WS: What are your favorite wines?
NR: I'm one of these people who can jump from one thing to another because I like different things for different moods. I suppose my favorite wines are the super Tuscans, which I discovered some 15 years ago, particularly Sassicaia, Ornellaia and [those from] Antinori. I like the whole Chianti region. I think a really good, simple Chianti Classico is usually a safe bet if you're traveling. I also like a lot of Bordeaux.

WS: Any in particular?
NR: Well, [Château] Lynch-Bages is another of my personal favorites. You can't go wrong with a bottle of that. And a good old bottle of Margaux never did any harm either.

WS: Any particular vintages?
NR: I follow the road maps from the experts. I don't feel that I have such a fine nose for wine that I can taste the differences from the great years. Certainly, now, there's so much information available. 1989 and '90 I think are particularly good for some of those wines. '85 was an extraordinary year. When I first started looking at it, someone told me, "1959, now that's a really good year for Bordeaux!" I thought, that's so old, never mind how much it's going to cost. [But] that's one thing I am always amazed at with wine, with great collectors who have these wonderful cellars. [But] I don't tend to buy many bottles of wine that are more than a couple of decades old.

WS: When the band is on tour, do you visit any wine regions?
NR: I spent a little time in the Napa Valley. It was far more beautiful than I thought. I was quite enchanted with it. I visited a bunch of the vineyards. It was fun to go to the Coppola vineyard for completely different reasons. If you're a bit of a film buff, a lot of his Oscars are there, and props from the movies. [But] when we're on tour, we don't have the luxury of enough days off to make it deep into regions. What we do do if we have a day off in a good, cosmopolitan city is seek out a great restaurant, usually with a great wine list, and experience it that way.

WS: Are the other members of the band into wine?
NR: Simon collects a little—he actually does have a cellar. We have similar tastes in wine, [though] he likes Burgundies a little more than I do. Although I have been known to drink a slightly chilled Gevrey-Chambertin at lunch. He has a collection of super Tuscans, some Bordeaux, some Burgundies. I don't have a cellar at home, probably for my own safety and bank balance. I [only] keep 30 to 50 bottles around.
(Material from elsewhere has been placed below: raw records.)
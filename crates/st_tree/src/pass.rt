//! A pass over a body: other names in the places of its own, and other expressions in the places of its operators.

ghost use Rattle.std.specs.Prelude.{◌≡◌, true, IfOk};
ghost use Rattle.st_tree.specs.View.{view_expr, view_body};
ghost use Rattle.st_tree.specs.Fits.{Context};
ghost use Rattle.st_tree.specs.Meaning.{Space, run_all};
ghost use Rattle.st_tree.specs.Mapping.{Mapping, mapped_expr, mapped_body, Known, expr_known};
ghost use Rattle.st_tree.specs.Alike.{Same, SameOutcome, IsLawful, IsKeptBody};

use crate::map::{mapped_body, mapped_expr};
use crate::tree::{Expr, Stmt};
use std::alloc::{AllocError, Global};

/// What stands in the place of each name of a body over variables of the type `V`, and of each operator with its operands.
/// Each method but `laws` fails only where memory is refused.
pub trait Pass<V, W> {
    /// What a run's world is before the pass, and after it.
    ghost Before: { Type 0 };

    ghost After: { Type 0 };

    /// What the worlds depend on beside the pass itself, such as the moment of a scan.
    ghost Case: { Type 0 };

    /// What the names mean before the pass, and after it.
    ghost from: { Self → Case → Space V Before };

    ghost to: { Self → Case → Space W After };

    /// Which worlds match: the same runs go on in them, and each value is in the range of its kind.
    ghost matches: { Self → Case → Before → After → Type 0 };

    /// What is declared of the names before the pass: their kinds, and which may be assigned.
    ghost context: { Self → Case → Context V };

    /// The names that a body may use.
    ghost known: { Self → Known V };

    /// What stands in the place of each of them.
    ghost mapping: { Self → Mapping V W };

    /// Returns what stands in the place of a variable.
    fn variable(&self, alloc: Global, name: &V) -> Result<W, AllocError>
        ensures { IfOk result (λ w. w ≡ (mapping self.now).variable name.now) };

    /// Returns what stands in the place of an array.
    fn array(&self, alloc: Global, name: &V) -> Result<W, AllocError>
        ensures { IfOk result (λ w. w ≡ (mapping self.now).array name.now) };

    /// Returns what stands in the place of an instance.
    fn instance(&self, alloc: Global, name: &V) -> Result<W, AllocError>
        ensures { IfOk result (λ w. w ≡ (mapping self.now).instance name.now) };

    /// Returns what stands in the place of the name of an instance's input.
    fn input_name(&self, alloc: Global, instance: &V, name: &V) -> Result<W, AllocError>
        ensures { IfOk result (λ w. w ≡ (mapping self.now).input_name instance.now name.now) };

    /// Returns what stands in the place of the name of an instance's output.
    fn output_name(&self, alloc: Global, instance: &V, name: &V) -> Result<W, AllocError>
        ensures { IfOk result (λ w. w ≡ (mapping self.now).output_name instance.now name.now) };

    /// Returns what stands in the place of an operator with its operands, whose names are already those after the pass.
    fn node(&self, alloc: Global, expr: Expr<W>) -> Result<Expr<W>, AllocError>
        ensures { IfOk result (λ e. view_expr e ≡ (mapping self.now).node (view_expr expr)) };

    /// The laws of the pass: what it puts in the place of a name that is known means the same, in worlds that match, and these match
    /// after a value of its kind is assigned to a variable that may be assigned, or to an input. It does nothing.
    fn laws(&self)
        ensures { (case : Case)
            → IsLawful (context self.now case) (known self.now) (mapping self.now) (from self.now case)
            (to self.now case) (matches self.now case) };
}

/// Returns the expression that a pass makes of an expression. In worlds that match it has the same outcome, a trap too, if the pass knows each of the
/// expression's names.
pub fn map_expr<V, W: Drop, P: Pass<V, W>>(
    alloc: Global,
    pass: &P,
    expr: &Expr<V>,
) -> Result<Expr<W>, AllocError>
    ensures tree { IfOk result (λ e. view_expr e
        ≡ mapped_expr (P.mapping pass.now) (view_expr expr.now)) }
    ensures same { IfOk result (λ e. (case : P.Case)
        → expr_known (P.known pass.now) (view_expr expr.now) ≡ true
        → SameOutcome (P.matches pass.now case) (P.from pass.now case) (P.to pass.now case)
        (view_expr expr.now) (view_expr e)) }
{
    pass.laws();
    let mapped = mapped_expr(alloc, pass, expr)?;
    Ok(mapped)
}

/// Returns the body that a pass makes of a body, each statement with the same number. From worlds that match the two do the same, if the pass knows
/// each of the body's names and the body's kinds are right: both end or both trap in the same place, and the worlds that they leave match.
pub fn map_body<V, W: Drop, P: Pass<V, W>>(
    alloc: Global,
    pass: &P,
    body: &[Stmt<V>],
) -> Result<Vec<Stmt<W>>, AllocError>
    ensures tree { IfOk result (λ r. view_body r.items
        ≡ mapped_body (P.mapping pass.now) (view_body body.now)) }
    ensures same { IfOk result (λ r. (case : P.Case)
        → IsKeptBody (P.context pass.now case) (P.known pass.now) (view_body body.now)
        → Same (P.matches pass.now case) (run_all (P.from pass.now case) (view_body body.now))
        (run_all (P.to pass.now case) (view_body r.items))) }
{
    pass.laws();
    let mapped = mapped_body(alloc, pass, body)?;
    Ok(mapped)
}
WS: Who chooses the wine when you go out to dinner?
NR: I do. Simon is perfectly happy for me to choose. But to be honest, I'd be perfectly happy for him to choose. He has wonderful taste in wine.
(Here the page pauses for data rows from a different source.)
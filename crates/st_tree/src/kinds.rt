//! The kinds of operands and of results.

ghost use Rattle.std.specs.Prelude.{◌≡◌, true};
ghost use Rattle.st_tree.specs.Kinds.{unary_kind, binary_kind, unary_result, binary_result, resolved_unary, resolved_binary, literal_kind, literal_in_range, literal_is_bit, is_bit};
ghost use Rattle.st_tree.specs.View.{view_expr};

use crate::tree::{Binary, Expr, Literal, Unary};
use plant_types::Kind;

impl Literal {
    /// The kind of the literal, whose value is always in the range of this kind: an integer is a DINT.
    pub fn kind(self) -> Kind
        ensures is { result ≡ literal_kind self }
        ensures in_range { literal_in_range self ≡ true }
    {
        match self {
            Literal::Integer(_) => Kind::Dint,
            Literal::Value(value) => value.kind(),
        }
    }

    /// Whether the literal is the integer 0 or 1.
    fn is_bit(self) -> bool
        ensures { result ≡ literal_is_bit self }
    {
        match self {
            Literal::Integer(n) => n == 0 || n == 1,
            Literal::Value(_) => false,
        }
    }
}

/// The kind of an operator's result, by the kind of its operand; `None` for an operand that it does not take (IEC 61131-3).
pub fn unary_kind(op: Unary, a: Kind) -> Option<Kind>
    ensures { result ≡ unary_kind op a }
{
    match (op, a) {
        (Unary::Not, Kind::Bool) => Some(Kind::Bool),
        (Unary::Negate, Kind::Dint) => Some(Kind::Dint),
        (Unary::Negate | Unary::NegateTime, Kind::Time) => Some(Kind::Time),
        _ => None,
    }
}

/// The kind of an operator's result, by the kinds of its operands; `None` for operands that it does not take (IEC 61131-3). BOOL has no order (this profile).
pub fn binary_kind(op: Binary, a: Kind, b: Kind) -> Option<Kind>
    ensures { result ≡ binary_kind op a b }
{
    match (op, a, b) {
        (Binary::And | Binary::Xor | Binary::Or, Kind::Bool, Kind::Bool) => Some(Kind::Bool),
        (Binary::Equal | Binary::Unequal, _, _) if a == b => Some(Kind::Bool),
        (
            Binary::Less | Binary::Greater | Binary::AtMost | Binary::AtLeast,
            Kind::Dint,
            Kind::Dint,
        ) => Some(Kind::Bool),
        (
            Binary::Less | Binary::Greater | Binary::AtMost | Binary::AtLeast,
            Kind::Time,
            Kind::Time,
        ) => Some(Kind::Bool),
        (
            Binary::Add | Binary::Subtract | Binary::Multiply | Binary::Divide | Binary::Mod,
            Kind::Dint,
            Kind::Dint,
        ) => Some(Kind::Dint),
        (
            Binary::Add | Binary::AddTime | Binary::Subtract | Binary::SubtractTime,
            Kind::Time,
            Kind::Time,
        ) => Some(Kind::Time),
        _ => None,
    }
}

/// The kind of an operator's result, for an operand that it takes.
pub fn unary_result(op: Unary, a: Kind) -> Kind
    ensures { result ≡ unary_result op a }
{
    match op {
        Unary::Not => Kind::Bool,
        Unary::Negate => a,
        Unary::NegateTime => Kind::Time,
    }
}

/// The kind of an operator's result, for operands that it takes, by the kind of the left one.
pub fn binary_result(op: Binary, a: Kind) -> Kind
    ensures { result ≡ binary_result op a }
{
    match op {
        Binary::Add | Binary::Subtract => a,
        Binary::AddTime | Binary::SubtractTime => Kind::Time,
        Binary::Multiply | Binary::Divide | Binary::Mod => Kind::Dint,
        _ => Kind::Bool,
    }
}

/// The operator for an operand of a kind: `-` becomes that of TIME for a TIME.
pub fn resolved_unary(op: Unary, a: Kind) -> Unary
    ensures { result ≡ resolved_unary op a }
{
    match (op, a) {
        (Unary::Negate, Kind::Time) => Unary::NegateTime,
        _ => op,
    }
}

/// The operator for a left operand of a kind: `+` and `-` become those of TIME for a TIME.
pub fn resolved_binary(op: Binary, a: Kind) -> Binary
    ensures { result ≡ resolved_binary op a }
{
    match (op, a) {
        (Binary::Add, Kind::Time) => Binary::AddTime,
        (Binary::Subtract, Kind::Time) => Binary::SubtractTime,
        _ => op,
    }
}

/// Whether an expression is just the integer 0 or 1, which may be assigned to a BOOL and is then FALSE or TRUE (this profile).
pub fn is_bit<V>(expr: &Expr<V>) -> bool
    ensures { result ≡ is_bit (view_expr expr.now) }
{
    match expr {
        Expr::Literal(literal) => literal.is_bit(),
        Expr::Read(_)
        | Expr::Output(_, _)
        | Expr::Element(_, _, _)
        | Expr::Unary(_, _)
        | Expr::Binary(_, _, _) => false,
    }
}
WS: When you are on tour, you travel with a wine cellar. Can you tell me about it?
NR: The first time we did it was on our last big world tour. It was getting increasingly difficult when we went to less cosmopolitan cities around the world, it was hard to find good wine, [and] it was becoming a bit of an issue for some of the local promoters. It seemed to make sense for us to travel with the things we like. It was really just sticking another flight case on the back of the truck. We had a flight case specially created to keep all the wine fairly still and secure with foam around them. It stored about 100 bottles, maybe 120. It was a real luxury. When you are away from home a lot, it is nice to have a few of those comforts. A decent bottle of wine in the evening was one of those. Roger tends to go more for the white ones; Simon and I work our way through the reds.
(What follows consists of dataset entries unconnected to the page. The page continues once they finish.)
/// Whether a keyword that begins an ELSE or a section, or closes something, may stand where a word does, by what follows that.
fn may_part(place: TokenPlace<'_>, keyword: &str) -> bool {
    let behind = place.behind(1);
    let begins = behind == "word" && fits(":=|(|[", place.behind(2));
    match keyword {
        "ELSE" => begins || fits("IF|CASE|FOR", behind),
        _ if fits("SECTION", keyword) => begins_names(place) || behind == "END_VAR",
        _ => may_close(place),
    }
}

/// Whether a keyword may stand where a word does, by what follows that.
fn may_stand(place: TokenPlace<'_>, keyword: &str) -> bool {
    let is_free = keyword != "THEN" || fits("IF|ELSIF", place.head());
    match (said_of(FOLLOWED, &[keyword]), said_of(HEADS, &[keyword])) {
        ("", "") => may_part(place, keyword),
        ("", last) => place.next().ahead(";|OF|OUTER").sign() == last,
        (signs, _) => fits(signs, place.behind(1)) && is_free,
    }
}

/// Whether a word begins as a keyword does, and nearly is that one, or is its first part.
fn is_near(place: TokenPlace<'_>, keyword: &str) -> bool {
    let (word, other) = (place.word().as_bytes(), keyword.as_bytes());
    let begins = same_word(part(word, 0, 1), part(other, 0, 1));
    begins && (within_one(word, other) || joins(place, keyword))
}

/// The first keyword that may stand where a word does and that it nearly is.
fn near_keyword(place: TokenPlace<'_>) -> Option<&'static str> {
    let mut keywords = said_of(KEYWORDS, &[place.stand()]).split(" ");
    keywords.find(|keyword| is_near(place, keyword))
}

/// Whether a keyword goes on as a word does that nearly is that one: a short word may be a name.
fn may_be_meant(place: TokenPlace<'_>, keyword: &str) -> bool {
    if joins(place, keyword) {
        return may_stand(place.next(), keyword);
    }
    let least = if fits("value|valued", place.stand()) {
        2
    } else {
        3
    };
    place.word().len() >= least && may_stand(place, keyword)
}

/// The keyword that a word nearly is, but for one letter that isn't its first, or two that changed places, and which goes on as that does. `None` where it is none.
fn meant(place: TokenPlace<'_>) -> Option<Misnomer<'_>> {
    match near_keyword(place) {
        Some(keyword) if may_be_meant(place, keyword) => {
            Some((
                place,
                keyword,
                ("is no keyword; did you mean ", keyword, "?"),
                GRAMMAR,
            ))
        }
        _ => None,
    }
}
WS: Do you celebrate with wine after a show?
NR: Yes, especially if I am having food. It is one of life's great pleasures. I'm a vegetarian so there's none of this "steak with a nice heavy red" business for me. Actually, tofu and Gevrey-Chambertin is a very interesting combination. There is something about the collision of flavors there. I try to stick with Italian wines when I'm eating pasta—that's when the super Tuscans come in.